//! The calls of an engine that do jobs.
ghost use Rattle.std.specs.Prelude.{◌≡◌, ◌+◌, [], None, IfOk, IfSome, IfNone};
ghost use Rattle.std.specs.Arc.{arc_value};
ghost use Rattle.job_line.specs.Ends.{after_empty};
ghost use Rattle.dice_jobs.specs.Alike.{IsAnsweredIn};
ghost use Rattle.dice_engine.specs.Seats.{IsSeatOf, AreOf, seated, found_empty};
ghost use Rattle.dice_engine.specs.declared.promise.Worked.TheVariants as worked;
ghost use Rattle.dice_engine.specs.Turns.{log_of, Works, Later};
ghost use Rattle.dice_engine.specs.Conditions.{SawAsk};
ghost use Rattle.dice_engine.specs.Replies.{reply_of, settled_of, IsReply};
ghost use Rattle.dice_engine.specs.Jobs.{GoesOut, IsKnown};
ghost use Rattle.dice_engine.specs.Doings.{TurnOver, TakesIn, FindsNothing, GetsJob, DoesJob, WaitsOn, GivesAndTells, TellsLast, WaitsFor};
ghost use Rattle.dice_engine.specs.Rounds.{settled_in};

use crate::engine::Engine;
use crate::gate::Gate;
use crate::promise::{Answer, Promise, Settled, Worked};
use crate::seat::{Place, Seat};
use crossbeam_utils::Backoff;
use dice_core::{Job, JobName, Step};
use dice_jobs::true_jobs_are_one;
use dice_key::{NoMemory, Universe};
use job_line::Pass;
use std::sync::Wait;

/// What a round of a wait comes to.
#[derive(Drop)]
pub(crate) enum Round<U: Universe> {
    /// The promise has come to this, or memory was refused.
    Settled(Result<Settled<U>, NoMemory>),
    /// The promise is pending, and a job was done or there was none.
    Pending(Worked),
}

impl<U: Universe> Engine<U> {
    /// Does one job, if there is one: it is taken from the line or, if that is empty, in a turn; it
    /// is done outside, and given in another turn. If there is no memory for it, it is given up.
    pub fn work<R: Wait, G: Gate>(
        &self,
        rt: &R,
        seat: &mut Seat<U>,
        gate: &G,
        worker: u32,
    ) -> Worked
        requires { IsSeatOf self.now seat.old }
        ensures works { Works U.Key.eq U.meaning seat.old seat.new }
        ensures later { Later U.Key.eq U.meaning seat.old seat.new
            × (seat.new.mine ≡ seat.old.mine) }
        ensures idle { result ≡ worked.Idle → seat.new.left.0 ≡ 0 }
        ensures empty { result ≡ worked.Idle → seat.new.empties ≡ (found_empty seat.old).empties }

        // A job was got and what came of it came home; or the line was empty, no task was ready,
        // and nothing changed.
        ensures job { result ≡ worked.Did
            → DoesJob U.Key.eq U.meaning U.Value.eq seat.old seat.new }
        ensures none { result ≡ worked.Idle → FindsNothing U.Key.eq U.meaning seat.old seat.new }
        ensures seat { IsSeatOf self.now seat.new }
        ensures same { (seat.new.number ≡ seat.old.number) × (seat.new.writers ≡ seat.old.writers) }
    {
        let Some(job) = self.next_job(rt, &mut seat.place, &mut seat.pass) else {
            return Worked::Idle;
        };
        gate.at(worker);
        let came = job.advance(&*self.universe);
        self.take_up(rt, &mut seat.place, &mut seat.pass, came);
        Worked::Did
    }

    // Takes a job from the line or, if that is empty, the job of a task that is ready, in a turn.
    fn next_job<R: Wait>(
        &self,
        rt: &R,
        place: &mut Place<U>,
        pass: &mut Pass<Job<U>>,
    ) -> Option<Job<U>>
        requires { AreOf self.now pass.old place.old }
        ensures none { IfNone result (FindsNothing U.Key.eq U.meaning (seated pass.old place.old)
            (seated pass.new place.new)) }
        ensures some { IfSome result (GetsJob U.Key.eq U.meaning (seated pass.old place.old)
            (seated pass.new place.new)) }
        ensures idle { IfNone result (place.new.left.0 ≡ 0) }
        ensures empty { IfNone result (pass.new ≡ after_empty pass.old) }
        ensures known { IfSome result
            (IsKnown U.Key.eq U.meaning (log_of place.new.seen) pass.new.seen) }
        ensures of { AreOf self.now pass.new place.new }
    {
        match self.line.take(rt, pass) {
            Some(job) => Some(job),
            None => self.take_job(rt, place, pass),
        }
    }

    // Takes the job of a task that is ready, in one turn.
    fn take_job<R: Wait>(&self, rt: &R, place: &mut Place<U>, pass: &Pass<Job<U>>) -> Option<Job<U>>
        requires { AreOf self.now pass.now place.old }
        ensures none { IfNone result (place.new.left.0 ≡ 0) }
        ensures answered { IfSome result (IsAnsweredIn U.Key.eq U.meaning (log_of place.new.seen)) }
        ensures goes { TurnOver U.Key.eq U.meaning (seated pass.now place.old)
            (seated pass.now place.new) (GoesOut U.Key.eq result) }
        ensures of { AreOf self.now pass.now place.new }
    {
        let _ = pass;
        let mut turn = self.stile.enter(rt, place);
        let state = turn.state();
        let job = state.take_job();
        state.line_up(rt);
        self.stile.leave(turn);
        job
    }

    // Gives what came of a job that was taken, in one turn.
    fn take_up<R: Wait>(
        &self,
        rt: &R,
        place: &mut Place<U>,
        pass: &mut Pass<Job<U>>,
        came: Result<Step<U>, JobName<U>>,
    )
        requires of { AreOf self.now pass.old place.old }
        requires known { IfOk came (λ s. IsKnown U.Key.eq U.meaning (log_of place.old.seen)
            pass.old.seen s.job) }
        ensures home { TakesIn U.Key.eq U.meaning U.Value.eq came (seated pass.old place.old)
            (seated pass.new place.new) }
        ensures of { AreOf self.now pass.new place.new }
    {
        true_jobs_are_one::<U>();
        let mut turn = self.stile.enter(rt, place);
        let state = turn.state();
        state.take_up(rt, pass, came);
        state.line_up(rt);
        self.stile.leave(turn);
    }

    /// Waits until a promise has come to something, and does jobs meanwhile. It need not return:
    /// jobs that others have taken have to be given.
    pub fn wait<R: Wait, G: Gate>(
        &self,
        rt: &R,
        seat: &mut Seat<U>,
        promise: &Promise<U>,
        gate: &G,
        worker: u32,
    ) -> Result<Settled<U>, NoMemory>
        requires seat { IsSeatOf self.now seat.old }
        requires ask { SawAsk seat.old promise.now.ask promise.now.opened promise.now.version
            (arc_value promise.now.key) }
        ensures works { Works U.Key.eq U.meaning seat.old seat.new }
        ensures later { Later U.Key.eq U.meaning seat.old seat.new
            × (seat.new.mine ≡ seat.old.mine) }
        ensures waits { WaitsFor U.Key.eq U.meaning U.Value.eq promise.now result seat.old
            seat.new }
        ensures reply { IsReply U.Key.eq U.meaning seat.new.seen promise.now.version
            (arc_value promise.now.key) promise.now.ask seat.new.left (settled_of result) }
        ensures seat { IsSeatOf self.now seat.new }
        ensures same { (seat.new.number ≡ seat.old.number) × (seat.new.writers ≡ seat.old.writers) }
    {
        if let Some(settled) = come_to(self.poll(rt, seat, promise)) {
            return settled;
        }
        let backoff = Backoff::new();
        for _ in rt.forever() {
            match self.go_round(rt, seat, promise, gate, worker) {
                Round::Settled(settled) => return settled,
                Round::Pending(Worked::Did) => backoff.reset(),
                Round::Pending(Worked::Idle) => backoff.snooze(),
            }
        }
        unreachable!()
    }

    // A round of a wait: a job from the line is done, and in the turn in which it is given the
    // promise is polled; or if the line is empty, it is polled alone, and a job is done that could
    // not go on the line.
    fn go_round<R: Wait, G: Gate>(
        &self,
        rt: &R,
        seat: &mut Seat<U>,
        promise: &Promise<U>,
        gate: &G,
        worker: u32,
    ) -> Round<U>
        requires seat { IsSeatOf self.now seat.old }
        requires ask { SawAsk seat.old promise.now.ask promise.now.opened promise.now.version
            (arc_value promise.now.key) }
        ensures works { Works U.Key.eq U.meaning seat.old seat.new }
        ensures later { Later U.Key.eq U.meaning seat.old seat.new
            × (seat.new.mine ≡ seat.old.mine) }
        ensures settled { IfSome (settled_in result) (λ r. TellsLast U.Key.eq U.meaning U.Value.eq
            promise.now r seat.old seat.new) }
        ensures pending { IfNone (settled_in result)
            (WaitsOn U.Key.eq U.meaning U.Value.eq seat.old seat.new) }
        ensures reply { IfSome (settled_in result) (λ r. IsReply U.Key.eq U.meaning seat.new.seen
            promise.now.version (arc_value promise.now.key) promise.now.ask seat.new.left r) }
    {
        let Some(job) = self.line.take(rt, &mut seat.pass) else {
            if let Some(settled) = come_to(self.poll(rt, seat, promise)) {
                return Round::Settled(settled);
            }
            if seat.left().0 == 0 {
                return Round::Pending(Worked::Idle);
            }
            return Round::Pending(self.work(rt, seat, gate, worker));
        };
        gate.at(worker);
        let came = job.advance(&*self.universe);
        let answer = self.give(rt, &mut seat.place, &mut seat.pass, came, promise);
        if let Some(settled) = come_to(answer) {
            return Round::Settled(settled);
        }
        Round::Pending(Worked::Did)
    }

    // Gives what came of a job that was got, and tells what the promise has come to, in one turn.
    fn give<R: Wait>(
        &self,
        rt: &R,
        place: &mut Place<U>,
        pass: &mut Pass<Job<U>>,
        came: Result<Step<U>, JobName<U>>,
        promise: &Promise<U>,
    ) -> Result<Answer<U>, NoMemory>
        requires of { AreOf self.now pass.old place.old }
        requires known { IfOk came (λ s. IsKnown U.Key.eq U.meaning (log_of place.old.seen)
            pass.old.seen s.job) }
        requires ask { SawAsk (seated pass.old place.old) promise.now.ask promise.now.opened
            promise.now.version (arc_value promise.now.key) }
        ensures home { TurnOver U.Key.eq U.meaning (seated pass.old place.old)
            (seated pass.new place.new) (GivesAndTells U.Key.eq U.meaning U.Value.eq promise.now
            (reply_of result) came) }
        ensures reply { IsReply U.Key.eq U.meaning place.new.seen promise.now.version
            (arc_value promise.now.key) promise.now.ask place.new.left (reply_of result) }
        ensures of { AreOf self.now pass.new place.new }
    {
        true_jobs_are_one::<U>();
        let mut turn = self.stile.enter(rt, place);
        let state = turn.state();
        state.take_up(rt, pass, came);
        let answer = state.poll(promise);
        state.line_up(rt);
        self.stile.leave(turn);
        answer
    }
}

/// What a promise has come to, if it is not pending.
fn come_to<U: Universe>(answer: Result<Answer<U>, NoMemory>) -> Option<Result<Settled<U>, NoMemory>>
    ensures { IfSome result (λ s. settled_of s ≡ reply_of answer) }
{
    match answer {
        Ok(Answer::Pending) => None,
        Ok(Answer::Value(value)) => Some(Ok(Settled::Value(value))),
        Ok(Answer::Cycle(path)) => Some(Ok(Settled::Cycle(path))),
        Ok(Answer::Gone) => Some(Ok(Settled::Gone)),
        Err(NoMemory) => Some(Err(NoMemory)),
    }
}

▸ Exercise description: Only the lines holding the string "home" are needed; copy each of them from the material above.

▸ Answer to this problem:
        // A job was got and what came of it came home; or the line was empty, no task was ready,
        ensures home { TakesIn U.Key.eq U.meaning U.Value.eq came (seated pass.old place.old)
        ensures home { TurnOver U.Key.eq U.meaning (seated pass.old place.old)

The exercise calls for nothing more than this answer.